= Doc Powell =

American jazz guitarist and composer

Doc Powell is an American jazz guitarist and composer. He was born and raised in Spring Valley, New York. He attended college at University of Charleston.

==Career==
He has worked with Wilson Pickett, who chose him to be his musical director. He has also worked in the same capacity for Luther Vandross for over a decade. He has also worked with high-profile musicians including Stevie Wonder, Bob James, Grover Washington, Jr., Aretha Franklin, Quincy Jones and Teddy Pendergrass.

Powell's debut album, Love Is Where It's At (1987), received a Grammy nomination for Best R&B Instrumental for his cover of Marvin Gaye's "What's Going On". His credits include work on the music for the feature films The Five Heartbeats and Down and Out in Beverly Hills.

==Discography==

===Studio albums===

| Year | Title | Peak chart positions |  |  | Record label |
| US R&B | US Jazz | US Con.
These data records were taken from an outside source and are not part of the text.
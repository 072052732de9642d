// Forward induction over the layers: the fit to the curve.
#![tactic(auto, unfolding(floats::specs::Answers::on_outcome))]

pub mod exps;
pub mod fit;
pub mod fitting;
pub mod layer;
pub mod rows;
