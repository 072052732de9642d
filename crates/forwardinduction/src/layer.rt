// The fit of one step over the two lent rows: the shift, and the next row beside the current one.
// What is lent stays in slices of its own: of a struct of `&mut`s each contract would have to say that its borrows stay.
// The layers that are read stay slices too: rollback's `Lattice` holds the shifts, which are lent here.

ghost use Rattle.std.specs.Prelude.{◌≡◌, ◌*◌, ◌+◌, ◌^◌, ◌<◌, ◌≤◌, length};
ghost use Rattle.terms.specs.Curve.{curve_over};
ghost use Rattle.forwardinduction.specs.Fit.{shift_of};
ghost use Rattle.lattice.specs.laws.Stored.{numbers_in, row_of};
ghost use Rattle.lattice.specs.laws.Positions.{start_of, Layered};
ghost use Rattle.lattice.specs.laws.Rows.{Both};
ghost use Rattle.floats.specs.Answers.{outcome_of};
ghost use Rattle.forwardinduction.specs.laws.Advances.{layer_shift, advanced_at};

use crate::fit::{onward, shift_from, weighted_sum};
use floats::Refusal;
use floats::finite::tested;
use terms::curve::curve_at;
use terms::market::Curve;

// The shift of a step: the curve is read at time_step × (step + 1).
#[tactic(auto, unfolding(floats::specs::Answers::on_outcome, crate::specs::Fit::shift_of, crate::specs::laws::FitSteps::shift_from))]
fn shift_of(curve: Curve<'_>, dt: f64, place: u32, sum: f64) -> Result<f64, Refusal>
    requires { place + 1 < 2 ^ 32 }
    ensures { result ≡ shift_of (curve_over curve.entry.times.now curve.entry.factors.now) dt place sum }
{
    let next = place + 1;
    let time = tested(dt * next as f64, place)?;
    let factor = curve_at(curve.times, curve.factors, time, place)?;
    shift_from(sum, factor, dt, place)
}

// The weighted sum of a layer's state prices, then its shift.
pub fn layer_shift(
    nodes: &[i32],
    row: &[f64],
    spacing: f64,
    curve: Curve<'_>,
    dt: f64,
    place: u32,
) -> Result<f64, Refusal>
    requires { (length nodes.now ≡ length row.now * 2) × (place + 1 < 2 ^ 32) }
    ensures { result ≡ layer_shift (curve_over curve.entry.times.now curve.entry.factors.now) dt place spacing (row_of (numbers_in nodes.now) row.now) }
{
    let sum = weighted_sum(nodes, row, spacing, dt, place)?;
    shift_of(curve, dt, place, sum)
}

// The current row's contributions into the other: at an even step from the first to the second.
#[tactic(auto, unfolding(floats::specs::Answers::on_outcome, crate::specs::laws::Advances::advanced_at, floats::specs::Answers::outcome_of))]
pub fn advance(
    nodes: &[i32],
    probabilities: &[f64],
    first: &mut [f64],
    second: &mut [f64],
    count: usize,
    flat: bool,
    spacing: f64,
    dt: f64,
    shift: f64,
    step: u32,
) -> Result<(), Refusal>
    requires count_in_bounds { (count ≤ length first.old) × (count ≤ length second.old) }
    requires layered { (Layered flat (length first.old) nodes.now probabilities.now count) × (Layered flat (length second.old) nodes.now probabilities.now count) }
    ensures { outcome_of result (record { first = first.exit.now; second = second.new }) ≡ advanced_at spacing dt shift step flat count nodes.now probabilities.now (record { first = first.entry.now; second = second.old }) }
{
    if step % 2 == 0 {
        return onward(
            nodes,
            probabilities,
            &first[..count],
            second,
            flat,
            spacing,
            dt,
            shift,
            step,
        );
    }
    onward(
        nodes,
        probabilities,
        &second[..count],
        first,
        flat,
        spacing,
        dt,
        shift,
        step,
    )
}
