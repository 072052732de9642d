// The two lent rows: at an even step the current row is a part of the first, at an odd step of the second.

ghost use Rattle.std.specs.Prelude.{◌≡◌, ◌≤◌, length};
ghost use Rattle.lattice.specs.laws.Rows.{current_part};

pub fn current<'a>(first: &'a [f64], second: &'a [f64], step: u32, count: usize) -> &'a [f64]
    requires { (count ≤ length first.now) × (count ≤ length second.now) }
    ensures { result.now ≡ current_part step count first.now second.now }
{
    if step % 2 == 0 {
        return &first[..count];
    }
    &second[..count]
}
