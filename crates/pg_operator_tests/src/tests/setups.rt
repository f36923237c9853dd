//! What a setup file is read as.

use crate::tests::asserts::same;
use crate::tests::told::{edits_told, port_told, watch_told};
use pg_operator::{Setup, help_on_keys, read_setup};
use std::alloc::Global;
use std::process::Abort;
use std::test::*;

/// Whole files. A row has the lines of a file, parted by semicolons, and behind ` => ` what they are read as, or the refusal: here the edits, links, ports
/// and numbers. The worked row comes first.
const FILES: &str =
    r#"tick_ms = 10;ingest = 1;serve = 1;[[pmu]];id = 7;connect = "127.0.0.1:4712";[[subscriber]];id = 1;port = 4800;ring = 64;grants = [7];[[subscriber.stream]];id = 101;rate = 30;base = 1000000;wait = 2;window = 4;header = "";members = [7] => addpmu 7/7; addsub 1 64 16777216; grant 1 7/7; define 1 101 30 1000000 2 4 none 7/7; link 7 127.0.0.1:4712; port 1 4800; 10 1 1
[[pmu]];id=7;[[subscriber]];id=1;ring=4 => addpmu 7/7; addsub 1 4 16777216; 10 1 1
tick_ms=1000;ingest=8;serve=8;[[pmu]];id=7;[[subscriber]];id=1;ring=4 => addpmu 7/7; addsub 1 4 16777216; 1000 8 8
tick_ms=0;[[pmu]];id=7;[[subscriber]];id=1;ring=4 => BadSetup
tick_ms=1001;[[pmu]];id=7;[[subscriber]];id=1;ring=4 => BadSetup
tick_ms="10";[[pmu]];id=7;[[subscriber]];id=1;ring=4 => BadSetup
tick_ms=10.0;[[pmu]];id=7;[[subscriber]];id=1;ring=4 => BadSetup
ingest=0;[[pmu]];id=7;[[subscriber]];id=1;ring=4 => BadSetup
serve=9;[[pmu]];id=7;[[subscriber]];id=1;ring=4 => BadSetup
other=1;[[pmu]];id=7;[[subscriber]];id=1;ring=4 => BadSetup
tick_ms=;[[pmu]];id=7;[[subscriber]];id=1;ring=4 => BadSetup
tick_ms=1;tick_ms=1;[[pmu]];id=7;[[subscriber]];id=1;ring=4 => BadSetup
[[pmu]];;[[subscriber]];id=1;ring=4 => BadSetup
[[pmu]];id=0;[[subscriber]];id=1;ring=4 => BadSetup
[[pmu]];id=65535;[[subscriber]];id=1;ring=4 => BadSetup
[[pmu]];id=-7;[[subscriber]];id=1;ring=4 => BadSetup
[[pmu]];id=7;port=1;[[subscriber]];id=1;ring=4 => BadSetup
[[pmu]];id=7;source=3;[[subscriber]];id=1;ring=4 => addpmu 3/7; addsub 1 4 16777216; 10 1 1
[[pmu]];id=7;source=0;[[subscriber]];id=1;ring=4 => BadSetup
[[pmu]];id=7;connect="255.0.10.1:65535";[[subscriber]];id=1;ring=4 => addpmu 7/7; addsub 1 4 16777216; link 7 255.0.10.1:65535; 10 1 1
[[pmu]];id=7;connect="256.0.0.1:1";[[subscriber]];id=1;ring=4 => BadSetup
[[pmu]];id=7;connect="1.0.0.1:0";[[subscriber]];id=1;ring=4 => BadSetup
[[pmu]];id=7;connect="1.0.0.1";[[subscriber]];id=1;ring=4 => BadSetup
[[pmu]];id=7;connect="1.0.1:1";[[subscriber]];id=1;ring=4 => BadSetup
[[pmu]];id=7;connect="1.0.0.1.1:1";[[subscriber]];id=1;ring=4 => BadSetup
[[pmu]];id=7;connect="01.0.0.1:1";[[subscriber]];id=1;ring=4 => BadSetup
[[pmu]];id=7;connect="host:1";[[subscriber]];id=1;ring=4 => addpmu 7/7; addsub 1 4 16777216; link 7 host:1; 10 1 1
[[pmu]];id=7;connect=7;[[subscriber]];id=1;ring=4 => BadSetup
[[pmu]];id=7;[[pmu]];id=8;source=7;connect="1.0.0.1:1";[[subscriber]];id=1;ring=4 => addpmu 7/7; addpmu 7/8; addsub 1 4 16777216; link 7 1.0.0.1:1; 10 1 1
[[pmu]];id=7;connect="1.0.0.1:1";[[pmu]];id=8;source=7;connect="1.0.0.1:1";[[subscriber]];id=1;ring=4 => BadSetup
[[pmu]];id=7;[[subscriber]];ring=4 => BadSetup
[[pmu]];id=7;[[subscriber]];id=1 => BadSetup
[[pmu]];id=7;[[subscriber]];id=1;ring=0 => BadSetup
[[pmu]];id=7;[[subscriber]];id=1;ring=1025 => BadSetup
[[pmu]];id=7;[[subscriber]];id=0;ring=4 => BadSetup
[[pmu]];id=7;[[subscriber]];id=1;ring=4;bytes=16 => addpmu 7/7; addsub 1 4 16; 10 1 1
[[pmu]];id=7;[[subscriber]];id=1;ring=4;bytes=15 => BadSetup
[[pmu]];id=7;[[subscriber]];id=1;ring=4;port=0 => BadSetup
[[pmu]];id=7;[[subscriber]];id=1;ring=4;name="a" => BadSetup
[[pmu]];id=7;[[subscriber]];id=1;ring=4;grants=[7, "3/8"] => addpmu 7/7; addsub 1 4 16777216; grant 1 7/7; grant 1 3/8; 10 1 1
[[pmu]];id=7;[[subscriber]];id=1;ring=4;grants=7 => BadSetup
[[pmu]];id=7;[[subscriber]];id=1;ring=4;grants=[0] => BadSetup
[[pmu]];id=7;[[subscriber]];id=1;ring=4;grants=["3"] => BadSetup
[[pmu]];id=7;[[subscriber]];id=1;ring=4;port=5;[[subscriber]];id=2;ring=1;port=6 => addpmu 7/7; addsub 1 4 16777216; addsub 2 1 16777216; port 1 5; port 2 6; 10 1 1
[[pmu]];id=7;[[subscriber]];id=1;ring=4;grants=[7];[[subscriber.stream]];id=1;rate=30;base=100;wait=0;window=4;members=[7, "3/8"];header="ab" => addpmu 7/7; addsub 1 4 16777216; grant 1 7/7; define 1 1 30 100 0 4 6162 7/7 3/8; 10 1 1
[[pmu]];id=7;[[subscriber]];id=1;ring=4;[[subscriber.stream]];id=1;rate=30;base=100;wait=0;window=4;members=[] => BadSetup
[[pmu]];id=7;[[subscriber]];id=1;ring=4;[[subscriber.stream]];id=1;rate=30;base=100;wait=0;window=4;header="" => BadSetup
[[pmu]];id=7;[[subscriber]];id=1;ring=4;[[subscriber.stream]];id=1;rate=30;base=100;wait=0;window=4;members=[7];header=1 => BadSetup
[[pmu]];id=7;[[subscriber]];id=1;ring=4;[[subscriber.stream]];id=1;rate=30;base=100;wait=0;window=4;members=[7];other=1 => BadSetup
 => BadSetup
[[pmu]];id=7 => BadSetup
[[subscriber]];id=1;ring=4 => BadSetup
pmu=1;subscriber=1 => BadSetup
[pmu];id=7;[[subscriber]];id=1;ring=4 => BadSetup"#;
Jazz |
| 1987 | Love Is Where It's At | — | — | — | Mercury |
| 1992 | The Doctor | — | — | — | Vacuum Tube Log |
| 1996 | Laid Back | 89 | 18 | 16 | Discovery |
| 1996 | Inner City Blues | — | — | — | Discovery |
| 1997 | Don't Let the Smooth Jazz Fool Ya | — | 14 | 9 | Discovery |
"—" denotes a recording that did not chart or was not released in that territory.